◆ TASK ◆
Repeat the entire listing exactly as written.
BEGIN
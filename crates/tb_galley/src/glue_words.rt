//! The words of glue and of rules: what follows them in a line.
ghost use Rattle.std.specs.Prelude.{◌≡◌, ◌<◌, ◌≤◌, ◌∷◌, true, false, length, codes, IfSome, MatchOption};
ghost use Rattle.tb_galley.specs.FieldReader.{next_is_by};
ghost use Rattle.tb_text.specs.Lines.{begins_with, fields_of};

use tb_text::split_field;

/// What follows the first field of a line, if that is `plus`.
#[inline(always)]
pub(crate) fn after_plus(line: &[u8]) -> Option<&[u8]>
    ensures fields { MatchOption result (next_is_by (codes "plus") (fields_of line.now) ≡ false) (λ r. fields_of line.now ≡ codes "plus" ∷ fields_of r.now) }
    ensures shorter { MatchOption result (0 ≤ length line.now) (λ r. length r.now < length line.now) }
{
    match near_plus(line) {
        Some(rest) => Some(rest),
        None => after_word(b"plus", line),
    }
}

// The same between two spaces; `None` says nothing of other lines.
#[inline(always)]
fn near_plus(line: &[u8]) -> Option<&[u8]>
    ensures { IfSome result (λ r. (line.now ≡ 32 ∷ 112 ∷ 108 ∷ 117 ∷ 115 ∷ r.now) × (begins_with 32 r.now ≡ true)) }
{
    match line {
        [b' ', b'p', b'l', b'u', b's', rest @ ..] if begins_with_space(rest) => Some(rest),
        _ => None,
    }
}

/// What follows the first field of a line, if that is `minus`.
#[inline(always)]
pub(crate) fn after_minus(line: &[u8]) -> Option<&[u8]>
    ensures fields { MatchOption result (next_is_by (codes "minus") (fields_of line.now) ≡ false) (λ r. fields_of line.now ≡ codes "minus" ∷ fields_of r.now) }
    ensures shorter { MatchOption result (0 ≤ length line.now) (λ r. length r.now < length line.now) }
{
    match near_minus(line) {
        Some(rest) => Some(rest),
        None => after_word(b"minus", line),
    }
}

// The same between two spaces; `None` says nothing of other lines.
#[inline(always)]
fn near_minus(line: &[u8]) -> Option<&[u8]>
    ensures { IfSome result (λ r. (line.now ≡ 32 ∷ 109 ∷ 105 ∷ 110 ∷ 117 ∷ 115 ∷ r.now) × (begins_with 32 r.now ≡ true)) }
{
    match line {
        [b' ', b'm', b'i', b'n', b'u', b's', rest @ ..] if begins_with_space(rest) => Some(rest),
        _ => None,
    }
}

/// What follows the first field of a line, if that is `none`.
pub(crate) fn after_none(line: &[u8]) -> Option<&[u8]>
    ensures fields { MatchOption result (next_is_by (codes "none") (fields_of line.now) ≡ false) (λ r. fields_of line.now ≡ codes "none" ∷ fields_of r.now) }
    ensures shorter { MatchOption result (0 ≤ length line.now) (λ r. length r.now < length line.now) }
{
    after_word(b"none", line)
}

/// What follows the first field of a line, if that is `below`.
pub(crate) fn after_below(line: &[u8]) -> Option<&[u8]>
    ensures fields { MatchOption result (next_is_by (codes "below") (fields_of line.now) ≡ false) (λ r. fields_of line.now ≡ codes "below" ∷ fields_of r.now) }
    ensures shorter { MatchOption result (0 ≤ length line.now) (λ r. length r.now < length line.now) }
{
    after_word(b"below", line)
}

/// Whether a line begins with a space.
pub(crate) fn begins_with_space(line: &[u8]) -> bool
    ensures { result ≡ begins_with 32 line.now }
{
    match line {
        [first, ..] => *first == b' ',
        [] => false,
    }
}

// What follows the first field of a line, if that is this word.
#[inline(never)]
fn after_word<'a>(word: &[u8], line: &'a [u8]) -> Option<&'a [u8]>
    ensures fields { MatchOption result (next_is_by word.now (fields_of line.now) ≡ false) (λ r. fields_of line.now ≡ word.now ∷ fields_of r.now) }
    ensures shorter { MatchOption result (0 ≤ length line.now) (λ r. length r.now < length line.now) }
{
    match split_field(line) {
        Some((field, rest)) if field == word => Some(rest),
        _ => None,
    }
}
END
◆ SOLUTION TO THIS TASK ◆
filename crates/tb_galley/src/glue_words.rt
//! The words of glue and of rules: what follows them in a line.
ghost use Rattle.std.specs.Prelude.{◌≡◌, ◌<◌, ◌≤◌, ◌∷◌, true, false, length, codes, IfSome, MatchOption};
ghost use Rattle.tb_galley.specs.FieldReader.{next_is_by};
ghost use Rattle.tb_text.specs.Lines.{begins_with, fields_of};

use tb_text::split_field;

/// What follows the first field of a line, if that is `plus`.
#[inline(always)]
pub(crate) fn after_plus(line: &[u8]) -> Option<&[u8]>
    ensures fields { MatchOption result (next_is_by (codes "plus") (fields_of line.now) ≡ false) (λ r. fields_of line.now ≡ codes "plus" ∷ fields_of r.now) }
    ensures shorter { MatchOption result (0 ≤ length line.now) (λ r. length r.now < length line.now) }
{
    match near_plus(line) {
        Some(rest) => Some(rest),
        None => after_word(b"plus", line),
    }
}

// The same between two spaces; `None` says nothing of other lines.
#[inline(always)]
fn near_plus(line: &[u8]) -> Option<&[u8]>
    ensures { IfSome result (λ r. (line.now ≡ 32 ∷ 112 ∷ 108 ∷ 117 ∷ 115 ∷ r.now) × (begins_with 32 r.now ≡ true)) }
{
    match line {
        [b' ', b'p', b'l', b'u', b's', rest @ ..] if begins_with_space(rest) => Some(rest),
        _ => None,
    }
}

/// What follows the first field of a line, if that is `minus`.
#[inline(always)]
pub(crate) fn after_minus(line: &[u8]) -> Option<&[u8]>
    ensures fields { MatchOption result (next_is_by (codes "minus") (fields_of line.now) ≡ false) (λ r. fields_of line.now ≡ codes "minus" ∷ fields_of r.now) }
    ensures shorter { MatchOption result (0 ≤ length line.now) (λ r. length r.now < length line.now) }
{
    match near_minus(line) {
        Some(rest) => Some(rest),
        None => after_word(b"minus", line),
    }
}

// The same between two spaces; `None` says nothing of other lines.
#[inline(always)]
fn near_minus(line: &[u8]) -> Option<&[u8]>
    ensures { IfSome result (λ r. (line.now ≡ 32 ∷ 109 ∷ 105 ∷ 110 ∷ 117 ∷ 115 ∷ r.now) × (begins_with 32 r.now ≡ true)) }
{
    match line {
        [b' ', b'm', b'i', b'n', b'u', b's', rest @ ..] if begins_with_space(rest) => Some(rest),
        _ => None,
    }
}

/// What follows the first field of a line, if that is `none`.
pub(crate) fn after_none(line: &[u8]) -> Option<&[u8]>
    ensures fields { MatchOption result (next_is_by (codes "none") (fields_of line.now) ≡ false) (λ r. fields_of line.now ≡ codes "none" ∷ fields_of r.now) }
    ensures shorter { MatchOption result (0 ≤ length line.now) (λ r. length r.now < length line.now) }
{
    after_word(b"none", line)
}

/// What follows the first field of a line, if that is `below`.
pub(crate) fn after_below(line: &[u8]) -> Option<&[u8]>
    ensures fields { MatchOption result (next_is_by (codes "below") (fields_of line.now) ≡ false) (λ r. fields_of line.now ≡ codes "below" ∷ fields_of r.now) }
    ensures shorter { MatchOption result (0 ≤ length line.now) (λ r. length r.now < length line.now) }
{
    after_word(b"below", line)
}

/// Whether a line begins with a space.
pub(crate) fn begins_with_space(line: &[u8]) -> bool
    ensures { result ≡ begins_with 32 line.now }
{
    match line {
        [first, ..] => *first == b' ',
        [] => false,
    }
}

// What follows the first field of a line, if that is this word.
#[inline(never)]
fn after_word<'a>(word: &[u8], line: &'a [u8]) -> Option<&'a [u8]>
    ensures fields { MatchOption result (next_is_by word.now (fields_of line.now) ≡ false) (λ r. fields_of line.now ≡ word.now ∷ fields_of r.now) }
    ensures shorter { MatchOption result (0 ≤ length line.now) (λ r. length r.now < length line.now) }
{
    match split_field(line) {
        Some((field, rest)) if field == word => Some(rest),
        _ => None,
    }
}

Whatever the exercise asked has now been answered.